**** SOURCE MATERIAL ****

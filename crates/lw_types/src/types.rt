// What is known of the types of a grammar.
ghost use Rattle.std.specs.Prelude.{ℕ, ◌≡◌, ◌<◌, ◌≤◌, ◌↔◌, List, IfOk, IsTrue, Some, length, slice_get};
ghost use Rattle.lw_grammar.specs.declared.grammar.Grammar.{Grammar};
ghost use Rattle.lw_grammar.specs.Size.{size};
ghost use Rattle.lw_grammar.specs.Subtypes.{IsSubtype};
ghost use Rattle.lw_numbers.specs.Numbering.{type_names};
ghost use Rattle.lw_numbers.specs.Tables.{AreNumbersOf};
ghost use Rattle.lw_types.specs.Facts.{AreRuleFactsOf, AreTypeFactsOf};
ghost use Rattle.lw_types.specs.Inferred.{AreTypesOf};
ghost use Rattle.lw_types.specs.Sets.{AreNumbersBelow};

use crate::sets::subtype_sets;
use lw_base::{Name, NoMemory, TypeId, TypeSet};
use lw_flow::Ways;
use lw_grammar::Grammar;
use lw_numbers::Numbers;
use lw_numbers::name_rules::NameRules;
use lw_numbers::subtypes::{Subtypes, node_rules};
use std::alloc::Global;

/// What is known of the rules of a grammar.
pub struct RuleFacts {
    numbers: Numbers,
    /// For each rule by its number: whether it makes nodes.
    nodes: Vec<bool>,
    ways: Ways,
}

impl Drop for RuleFacts {
    // In one place, so that whoever drops such a value sees one call and not the drops of all its parts.
    fn drop(self) {
        let RuleFacts {
            numbers: _,
            nodes: _,
            ways: _,
        } = self;
    }
}

impl RuleFacts {
    fn of(alloc: Global, g: &Grammar) -> Result<RuleFacts, NoMemory>
        requires { size g.now ≤ 65535 }
        ensures { IfOk result (AreRuleFactsOf g.now) }
    {
        let numbers = Numbers::of(alloc, g)?;
        let nodes = node_rules(alloc, g, &numbers)?;
        let ways = Ways::of(alloc, g, &numbers, nodes.as_slice())?;
        Ok(RuleFacts {
            numbers,
            nodes,
            ways,
        })
    }
}

/// What is known of how the types of a grammar stand to each other.
pub struct TypeFacts {
    subtypes: Subtypes,
    /// By the number of a type, those that are it or below it.
    below: Vec<TypeSet>,
    name_rules: NameRules,
}

impl Drop for TypeFacts {
    // In one place, so that whoever drops such a value sees one call and not the drops of all its parts.
    fn drop(self) {
        let TypeFacts {
            subtypes: _,
            below: _,
            name_rules: _,
        } = self;
    }
}

impl TypeFacts {
    fn of(alloc: Global, g: &Grammar, numbers: &Numbers) -> Result<TypeFacts, NoMemory>
        requires numbers { AreNumbersOf g.now numbers.now }
        requires small { size g.now ≤ 65535 }
        ensures { IfOk result (AreTypeFactsOf g.now (length numbers.now.types)) }
    {
        let subtypes = Subtypes::of(alloc, g, numbers)?;
        let below = subtype_sets(alloc, numbers, &subtypes)?;
        let name_rules = NameRules::of(alloc, g, numbers, &subtypes)?;
        Ok(TypeFacts {
            subtypes,
            below,
            name_rules,
        })
    }
}

/// What is known of the types of a grammar, and of its names and rules.
pub struct Types {
    rules: RuleFacts,
    types: TypeFacts,
}

impl Drop for Types {
    // In one place, so that whoever drops such a value sees one call and not the drops of all its parts.
    fn drop(self) {
        let Types { rules: _, types: _ } = self;
    }
}

impl Types {
    /// What is known of the types of this grammar, whatever is wrong with it.
    pub(crate) fn of(alloc: Global, g: &Grammar) -> Result<Types, NoMemory>
        requires { size g.now ≤ 65535 }
        ensures { IfOk result (AreTypesOf g.now) }
    {
        let rules = RuleFacts::of(alloc, g)?;
        let types = TypeFacts::of(alloc, g, &rules.numbers)?;
        Ok(Types { rules, types })
    }

    /// The numbers of the grammar's names, and what names mean.
    pub fn numbers(&self) -> &Numbers
        ensures { result.now ≡ self.now.rules.numbers }
    {
        &self.rules.numbers
    }

    /// For each rule by its number: whether it makes nodes.
    pub fn nodes(&self) -> &[bool]
        ensures { result.now ≡ self.now.rules.nodes.items }
    {
        self.rules.nodes.as_slice()
    }

    /// Which types are below which, by name.
    pub fn subtypes(&self) -> &Subtypes
        ensures { result.now ≡ self.now.types.subtypes }
    {
        &self.types.subtypes
    }

    /// By which rules cross-references are read that name none.
    pub fn name_rules(&self) -> &NameRules
        ensures { result.now ≡ self.now.types.name_rules }
    {
        &self.types.name_rules
    }

    /// What may come before each leaf of a rule.
    pub fn ways(&self) -> &Ways
        ensures { result.now ≡ self.now.rules.ways }
    {
        &self.rules.ways
    }

    /// The name of the type of this number.
    pub fn type_name(&self, t: TypeId) -> &Name
        requires { t.0 < length self.now.rules.numbers.types }
        ensures { (g : Grammar) → AreTypesOf g self.now → slice_get (type_names g) t.0 ≡ Some result.now }
    {
        self.rules.numbers.type_name(t)
    }

    /// Whether the one type is the other or below it, in expected constant time for the names and logarithmic time in how many types are
    /// above the one.
    pub fn is_sub(&self, one: TypeId, other: TypeId) -> bool
        requires one { one.0 < length self.now.rules.numbers.types }
        requires other { other.0 < length self.now.rules.numbers.types }
        ensures { (g : Grammar) (low high : List ℕ) → AreTypesOf g self.now → slice_get (type_names g) one.0 ≡ Some low → slice_get (type_names g) other.0 ≡ Some high →
            IsTrue result ↔ IsSubtype g low high }
    {
        let one = self.rules.numbers.type_name(one);
        let other = self.rules.numbers.type_name(other);
        self.types.subtypes.is_below(one, other)
    }

    /// The types that are the one of this number or below it, in constant time.
    pub fn subs(&self, t: TypeId) -> &TypeSet
        requires { t.0 < length self.now.types.below.items }
        ensures { (g : Grammar) (high : List ℕ) → AreTypesOf g self.now → slice_get (type_names g) t.0 ≡ Some high → AreNumbersBelow g high result.now }
    {
        &self.types.below[t.0 as usize]
    }
}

****

TASK OBJECTIVE
Every line that holds the word "AreNumbersOf" should be copied from the records above.

WRITTEN ANSWER
ghost use Rattle.lw_numbers.specs.Tables.{AreNumbersOf};
        requires numbers { AreNumbersOf g.now numbers.now }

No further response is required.